Much more here with links :
Given the fines and firings resulting from such breaches this seems like a very timely article!
Second we have:
Thursday, May 14, 2009
VA Project To Mine EHR Data To Study Efficacy of Treatments
A new nationwide initiative will allow researchers to mine data from electronic health records at the Department of Veterans Affairs to study treatment efficacy, the Salt Lake City Deseret News reports.
The $10 million, four-year project -- called the Consortium for Healthcare Informatics Research -- will be led and coordinated by physicians from the VA Hospital in Salt Lake City. Investigators from California, Connecticut, Florida, Indiana, Massachusetts, Oregon, Pennsylvania and Tennessee also will collaborate on the research.
The initiative will focus on addressing post-traumatic stress disorder and methicillin-resistant Staphylococcus aureus infections, or MRSA.
Much more here:
The second core benefit set of the EHR is to be a source of data that can be ethically mined for clinical research. But you need to have operational EHRs first! We have a way to go on the first before the secondary and crucial benefits can flow.
Third we have:
Three more early adopters for Lorenzo
19 May 2009
Kettering General Hospital NHS Foundation Trust has confirmed it will be the next acute site to implement Lorenzo.
The trust told E-Health Insider that it had become an early adopter site for the iSoft patient administration system, as part of the National Programme for IT in the NHS.
A primary care trust and a mental health services trust have also committed to deploying Lorenzo, which is currently being used on a limited scale by two acute trusts and one PCT.
NHS Bury’s Informatics Plan says NHS Bury and Pennine Care NHS Foundation Trust will move from iSoft's iPM to Lorenzo Regional Care. The plan also says that Pennine Acute Hospitals NHS Trust will implement Lorenzo.
Reporting continues here:
http://www.e-health-insider.com/news/4848/three_more_early_adopters_for_lorenzo
It seems the roll out is slowly picking up pace. A good thing for the NHS (and shareholders of which I am one!)
Fourth we have:
Mental illness and behavorial health challanges, electronic medical records
May 16, 2009
MADISON - The complexities of mental illness and behavioral health and their stigmas present unique challenges to the use of electronic medical records (EMR) by psychiatrists, says a national expert on the subject at the recent Digital Healthcare Conference in Madison. An EMR system developed by a team lead by Dr. Ken Gersing is improving the care received by patients at the 25 institutions across the country where it is deployed.
Dr. Gersing, director of clinical information services for the Department of Psychiatry at Duke University Medical System, says that the difficulty in managing mental illness begins with the trouble that health care professionals have in identified the scope of the problem.

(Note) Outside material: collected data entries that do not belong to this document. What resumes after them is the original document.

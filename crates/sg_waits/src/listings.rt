//! The set of listings: who waits for what, by need.

ghost use Rattle.std.specs.Prelude.{◌≡◌, ℕ, [], ◌<◌, ◌^◌, ◌⊎◌, ◌↔◌, IfOk, OnOk, OnErr};
ghost use Rattle.std.specs.List.{Contains};
ghost use Rattle.std.specs.Ordering.{nat_cmp};
ghost use Rattle.sg_base.specs.List.{IsRising};
ghost use Rattle.sg_state.specs.declared.need.Need.{Need as NeedOf};
ghost use Rattle.sg_state.specs.Need.{need_cmp};
ghost use Rattle.sg_waits.specs.declared.listing.Listing.{Listing as ListingOf};
ghost use Rattle.sg_waits.specs.Listing.{listing_cmp, AddsNeeds, AddsSome, TakesOff, Relists};

use crate::listing::Listing;
use sg_state::Need;
use std::alloc::{AllocError, Global};
use std::collections::BTreeSet;

/// Lists a unit for a need, unless it is one of those for which it is listed already. Costs a binary search among these,
/// and else a look-up.
pub fn add_one(
    listings: &mut BTreeSet<Listing>,
    need: Need,
    listed: &[Need],
    unit: u32,
) -> Result<(), AllocError>
    requires rising { IsRising listing_cmp listings.old.keys }
    requires listed_rise { IsRising need_cmp listed.now }
    requires there { Contains listed.now need → Contains listings.old.keys (record { need = need; unit = unit }) }
    ensures ok { OnOk result ((k : ListingOf) → (Contains listings.new.keys k) ↔ (Contains listings.old.keys k ⊎ (k ≡ record { need = need; unit = unit }))) }
    ensures err { OnErr result (listings.new.keys ≡ listings.old.keys) }
    ensures rising { IsRising listing_cmp listings.new.keys }
{
    if listed.binary_search(&need).is_ok() {
        return Ok(());
    }
    match listings.insert(Listing { need, unit }) {
        Ok(_) => Ok(()),
        Err(_) => Err(AllocError),
    }
}

/// Lists a unit for these needs beside those for which it is listed already. Costs a binary search for each, and a look-up
/// for each that is new. Where memory is wanting, some of them may be listed.
pub fn add(
    listings: &mut BTreeSet<Listing>,
    needs: &[Need],
    listed: &[Need],
    unit: u32,
) -> Result<(), AllocError>
    requires rising { IsRising listing_cmp listings.old.keys }
    requires listed_rise { IsRising need_cmp listed.now }
    requires there { (n : NeedOf) → Contains listed.now n → Contains listings.old.keys (record { need = n; unit = unit }) }
    ensures ok { OnOk result (AddsNeeds listings.old.keys listings.new.keys needs.now unit) }
    ensures some { AddsSome listings.old.keys listings.new.keys needs.now unit }
    ensures rising { IsRising listing_cmp listings.new.keys }
{
    for need in needs {
        match add_one(listings, *need, listed, unit) {
            Ok(()) => {}
            Err(error) => return Err(error),
        }
    }
    Ok(())
}

/// Takes a unit off a need, unless that is to be kept. Costs a binary search and a look-up.
pub fn take_one(listings: &mut BTreeSet<Listing>, need: Need, keep: &[Need], unit: u32)
    requires rising { IsRising listing_cmp listings.old.keys }
    requires kept { IsRising need_cmp keep.now }
    ensures left { (k : ListingOf) → (Contains listings.new.keys k) ↔ (Contains listings.old.keys k × (k ≡ record { need = need; unit = unit } → Contains keep.now need)) }
    ensures rising { IsRising listing_cmp listings.new.keys }
{
    if keep.binary_search(&need).is_err() {
        listings.remove(&Listing { need, unit });
    }
}

/// Takes a unit off these needs, but for those to keep. Costs a binary search and a look-up for each.
pub fn take_off(listings: &mut BTreeSet<Listing>, needs: &[Need], keep: &[Need], unit: u32)
    requires rising { IsRising listing_cmp listings.old.keys }
    requires kept { IsRising need_cmp keep.now }
    ensures left { TakesOff listings.old.keys listings.new.keys needs.now keep.now unit }
    ensures rising { IsRising listing_cmp listings.new.keys }
{
    for need in needs {
        take_one(listings, *need, keep, unit);
    }
}

/// Lists a unit for these needs in place of those before. Costs a binary search for each need, of these and of those before,
/// and a look-up for each that only one of the two lists has. After want of memory nothing has changed.
pub fn change(
    listings: &mut BTreeSet<Listing>,
    before: &[Need],
    needs: &[Need],
    unit: u32,
) -> Result<(), AllocError>
    requires rising { IsRising listing_cmp listings.old.keys }
    requires before_rises { IsRising need_cmp before.now }
    requires needs_rise { IsRising need_cmp needs.now }
    requires listed { (n : NeedOf) → (Contains listings.old.keys (record { need = n; unit = unit })) ↔ (Contains before.now n) }
    ensures ok { OnOk result (Relists listings.old.keys listings.new.keys needs.now unit) }
    ensures rising { IsRising listing_cmp listings.new.keys }
    ensures err { OnErr result (listings.new.keys ≡ listings.old.keys) }
{
    match add(listings, needs, before, unit) {
        Ok(()) => {
            take_off(listings, before, needs, unit);
            Ok(())
        }
        Err(error) => {
            take_off(listings, needs, before, unit);
            Err(error)
        }
    }
}

/// Adds the units that are listed for a need, each by a look-up.
pub fn gather(
    listings: &BTreeSet<Listing>,
    need: &Need,
    found: &mut BTreeSet<u32>,
) -> Result<(), AllocError>
    requires few { (k : ListingOf) → Contains listings.now.keys k → k.unit < 2 ^ 32 }
    ensures ok { OnOk result ((u : ℕ) → (Contains found.new.keys u) ↔ (Contains found.old.keys u ⊎ Contains listings.now.keys (record { need = need.now; unit = u }))) }
{
    let first = Listing {
        need: *need,
        unit: 0,
    };
    let last = Listing {
        need: *need,
        unit: u32::MAX,
    };
    for listing in listings.range(first..=last) {
        match found.insert(listing.unit) {
            Ok(_) => {}
            Err(_) => return Err(AllocError),
        }
    }
    Ok(())
}

/// The units that are listed for one of these needs. Costs a look-up for each of the needs and for each unit found.
pub fn listed_for(
    alloc: Global,
    listings: &BTreeSet<Listing>,
    gone: &[Need],
) -> Result<BTreeSet<u32>, AllocError>
    requires few { (k : ListingOf) → Contains listings.now.keys k → k.unit < 2 ^ 32 }
    ensures ok { IfOk result (λ s. (u : ℕ) → (Contains s.keys u) ↔ ((n : NeedOf) × Contains gone.now n × Contains listings.now.keys (record { need = n; unit = u }))) }
    ensures rising { IfOk result (λ s. IsRising nat_cmp s.keys) }
{
    let mut found = BTreeSet::new(alloc);
    for need in gone {
        match gather(listings, need, &mut found) {
            Ok(()) => {}
            Err(error) => return Err(error),
        }
    }
    // For the proof alone, which takes from this call that the number of units fits its type.
    let _count = found.len();
    Ok(found)
}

“It is really hard to get good numbers about the prevalence of mental illness,” Gersing says.
According to Dr. Gersing, a 1993 study estimated that roughly 28 percent of Americans have a mental or addictive disorder. He believes the percentage of Americans afflicted with mental illness lies closer to 20 percent. One-third of primary care visits concern mental health, and the majority of mental health patients, 54 percent receive their care through primary care providers.
“The real problem,” says Dr. Gersing “are those patients who have no mental illness, and are still getting care through their primary care physician.”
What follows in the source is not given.